EXERCISE DIRECTIONS – Go through the listing below and gather every line with the word "MOST".

DATA FOR REVIEW –
//! The units of cells.
use crate::menus::cases::{Asked, assert_text, assert_told};
use rp_patch::ApportionFault;
use std::test::Fail;

/// Units over the least common multiple of the menus' counts, and up to the largest total.
const IN_COMMON: &[(&str, &str)] = &[
    ("menu,choice,n\nab,a,1\nab,b,2\n", "1 2 of 3"),
    // 3 and 4 choices
    (
        "menu,choice,n\nab,a,1\nab,b,2\nac,a,3\nac,c,1\n",
        "4 8 9 3 of 12",
    ),
    // 512 times 1953125 is 1,000,000,000
    (
        "menu,choice,n\nab,a,512\nac,a,1953125\n",
        "1000000000 1000000000 of 1000000000",
    ),
    // 19019 times 52579 is one more
    ("menu,choice,n\nab,a,19019\nac,a,52579\n", "NeedUnit 1"),
    // 4, 2 and 16666666 choices
    (
        "menu,choice,n\na,a,4\nb,b,2\nc,c,8333333\nc,c,8333333\n",
        "33333332 33333332 33333332 of 33333332",
    ),
];

#[test]
fn units_over_what_menus_have_in_common(rt: HostRuntime) -> Result<(), Fail> {
    assert_told(&rt, rt.alloc(), Asked::Units(None), IN_COMMON)
}

/// So many units on each menu: whole parts, and one more for the largest rests, the earlier of equal ones.
const FOUR: &[(&str, &str)] = &[(THREE_LETTERS, "2 1 1 1 3 of 4")];

const FIVE: &[(&str, &str)] = &[(THREE_LETTERS, "2 2 1 2 3 of 5")];

const ONE: &[(&str, &str)] = &[(THREE_LETTERS, "1 0 0 0 1 of 1")];

const MOST: &[(&str, &str)] = &[(
    "menu,choice,n\nab,a,19019\nac,a,52579\n",
    "1000000000 1000000000 of 1000000000",
)];

const THREE_LETTERS: &str = "menu,choice,n\nabc,a,1\nabc,c,1\nabc,b,1\nab,a,1\nab,b,2\n";

#[test]
fn units_by_largest_remainders(rt: HostRuntime) -> Result<(), Fail> {
    let alloc = rt.alloc();
    assert_told(&rt, alloc, Asked::Units(Some(4)), FOUR)?;
    assert_told(&rt, alloc, Asked::Units(Some(5)), FIVE)?;
    assert_told(&rt, alloc, Asked::Units(Some(1)), ONE)?;
    assert_told(&rt, alloc, Asked::Units(Some(1_000_000_000)), MOST)
}

/// The text of a fault is its name alone.
#[test]
fn faults_are_told_by_name(rt: HostRuntime) -> Result<(), Fail> {
    let alloc = rt.alloc();
    let need = ApportionFault::NeedUnit { group: 1 }.to_string(alloc)?;
    assert_text(&rt, 0, need.as_str(), "NeedUnit");
    let want = ApportionFault::NoMemory.to_string(alloc)?;
    assert_text(&rt, 1, want.as_str(), "NoMemory");
    Ok(())
}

WRITTEN ANSWER –
const MOST: &[(&str, &str)] = &[(
    assert_told(&rt, alloc, Asked::Units(Some(1_000_000_000)), MOST)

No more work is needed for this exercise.